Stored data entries

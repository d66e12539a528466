//! Tests of `opc_policy` and `opc_import` that no program can print: sources and allocations that fail.
#![tactic(auto)]

#[cfg(test)]
mod tests;
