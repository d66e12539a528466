//! Rulings over a policy, and sources of profiles and allocations that fail.
use opc_import::fault::ImportFault;
use opc_import::read::read_policy;
use opc_import::write::write_policy;
use opc_names::auth::Auth;
use opc_names::class::Class;
use opc_names::group::Group;
use opc_names::level::Level;
use opc_names::name::{ConsoleName, GroupName, Resource, UserId};
use opc_policy::{ClassProfiles, Need, Policy, ProfileSource, StoreFault, Taken, rule_on, search};
use std::alloc::Global;
use std::test::Fail;

const FILE: &str = "kind,class,name,id,value,owner,flags,digest,when,restricted\n\
class,OPERCMDS,,,ACTIVE,,,,,\n\
group,,OPS,,,,,,,\n\
user,,CARL,,,,,,,Y\n\
user,,SECADM,,,,S,b5d4045c3f466fa91fe2cc6abe79232a1a57cdf104f7a26e716e0a1e2789df78,,\n\
connect,,SECADM,OPS,,,,,,\n\
console,,C1,,\"SYS,CONS\",,REQUIRED,,,\n\
console,,C2,,INFO,,AUTO,,,\n\
profile,OPERCMDS,MVS.CANCEL.JOB.PAY*,,NONE,SECADM,,,,\n\
profile,OPERCMDS,MVS.CANCEL.JOB.*,,NONE,SECADM,,,,\n\
profile,OPERCMDS,MVS.DISPLAY.**,,READ,SECADM,,,,\n\
profile,OPERCMDS,MVS.VARY.DEV,,NONE,SECADM,W,,,\n\
permit,OPERCMDS,MVS.CANCEL.JOB.*,OPS,UPDATE,,,,,\n\
permit,OPERCMDS,MVS.CANCEL.JOB.*,OPS,CONTROL,,,,C1,\n";

fn policy(alloc: Global) -> Result<Policy, Fail> {
    let mut policy = Policy::new(alloc);
    for row in read_policy(alloc, FILE)?.as_slice() {
        policy.take(alloc, row)?;
    }
    Ok(policy)
}

/// A policy that fails if it is searched for a head that is shorter than this.
#[derive(Drop)]
struct FailingBelow {
    policy: Policy,
    least: usize,
}

impl ProfileSource for FailingBelow {
    ghost use Rattle.std.specs.Prelude.{⊤};

    ghost has = { λ _ _. ⊥ };

    ghost is_ready = { λ _. ⊤ };

    ghost is_faithful = { λ _. ⊥ };

    ghost is_kept = { λ _ _. ⊤ };

    ghost is_open = { λ _. ⊤ };

    ghost kept_itself = { λ _. tt };

    ghost kept_again = { λ _ _ _ _ _. tt };

    ghost can_fail_with = { λ _. ⊤ };

    fn first_in(
        &mut self,
        class: Class,
        head: &str,
        resource: &Resource,
    ) -> Result<Taken, StoreFault> {
        if head.len() < self.least {
            return Err(StoreFault::Store);
        }
        self.policy.first_in(class, head, resource)
    }
}

#[test]
fn no_head_after_the_deciding_one_is_asked_for(rt: HostRuntime) -> Result<(), Fail> {
    for (name, pattern, head, ranges, rows) in [
        ("MVS.CANCEL.JOB.PAYROLL", "MVS.CANCEL.JOB.PAY*", 18, 5, 1),
        ("MVS.CANCEL.JOB.BACKUP", "MVS.CANCEL.JOB.*", 15, 7, 1),
        ("MVS.DISPLAY.U", "MVS.DISPLAY.**", 11, 3, 1),
        ("Q", "-", 0, 2, 0),
    ] {
        let resource = Resource::read(name)?;
        let mut source = FailingBelow {
            policy: policy(rt.alloc())?,
            least: head,
        };
        let found = search(&mut source, Class::Opercmds, &resource)?;
        let decided = found.profile.map(|profile| profile.pattern);
        let decided = decided.as_ref().map_or("-", |pattern| pattern.text());
        assert_eq!(rt; decided, pattern);
        assert_eq!(rt; found.ranges, ranges, "ranges of {name}");
        assert_eq!(rt; found.rows, rows, "rows of {name}");
        source.least = head.saturating_add(1);
        let failed = search(&mut source, Class::Opercmds, &resource);
        assert_eq!(rt; failed.err(), Some(StoreFault::Store));
    }
    Ok(())
}

#[test]
fn a_class_answers_whole_or_its_first(rt: HostRuntime) -> Result<(), Fail> {
    let policy = policy(rt.alloc())?;
    let all = policy.all(rt.alloc(), Class::Opercmds)?;
    assert_eq!(rt; all.len(), 4);
    let first = policy.first(Class::Opercmds, &Resource::read("MVS.CANCEL.JOB.BACKUP")?)?;
    let pattern = first.profile.map(|profile| profile.pattern);
    let pattern = pattern.as_ref().map_or("-", |pattern| pattern.text());
    assert_eq!(rt; pattern, "MVS.CANCEL.JOB.*");
    assert_eq!(rt; policy.all(rt.alloc(), Class::Console)?.len(), 0);
    Ok(())
}

// The profile decides for a user if the class is active, and otherwise the authority of the console decides.
#[test]
fn a_ruling_names_its_rule(rt: HostRuntime) -> Result<(), Fail> {
    let mut policy = policy(rt.alloc())?;
    let need = Need {
        resource: Resource::read("MVS.CANCEL.JOB.BACKUP")?,
        level: Level::Control,
        group: Group::Sys,
    };
    let found = search(&mut policy, Class::Opercmds, &need.resource)?;
    let user = policy.users.get(&UserId::read("SECADM")?);
    let (console, groups) = (ConsoleName::read("C1")?, [GroupName::read("OPS")?]);
    for (active, user, console, auth, wanted) in [
        (
            true,
            user,
            Some(&console),
            Auth::Info,
            "PROFILE OPERCMDS MVS.CANCEL.JOB.* HELD CONTROL NEEDED CONTROL",
        ),
        (
            true,
            user,
            None,
            Auth::Master,
            "PROFILE OPERCMDS MVS.CANCEL.JOB.* HELD UPDATE NEEDED CONTROL",
        ),
        (false, user, None, Auth::Master, "GROUP SYS AUTH MASTER"),
        (
            true,
            None,
            Some(&console),
            Auth::Info,
            "GROUP SYS AUTH INFO",
        ),
    ] {
        let ruling = rule_on(&found, active, user, console, &groups, auth, &need);
        assert_eq!(rt; ruling.rule().text(rt.alloc())?.as_str(), wanted);
    }
    Ok(())
}

// Under an allocator that refuses a request, each call answers in full or reports the failed allocation.
#[test]
fn memory_may_be_refused(rt: HostRuntime) {
    match read_policy(rt.alloc(), FILE) {
        Ok(rows) => {
            assert_eq!(rt; rows.len(), 13);
            if let Ok(text) = write_policy(rt.alloc(), rows.as_slice()) {
                assert!(rt; text.as_str() == FILE);
            }
        }
        Err(fault) => assert_eq!(rt; fault, ImportFault::NoMemory),
    }
}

**Exercise brief**.
Search the data above for lines holding "Level" and copy each of them.

**Reply**.
use opc_names::level::Level;
        level: Level::Control,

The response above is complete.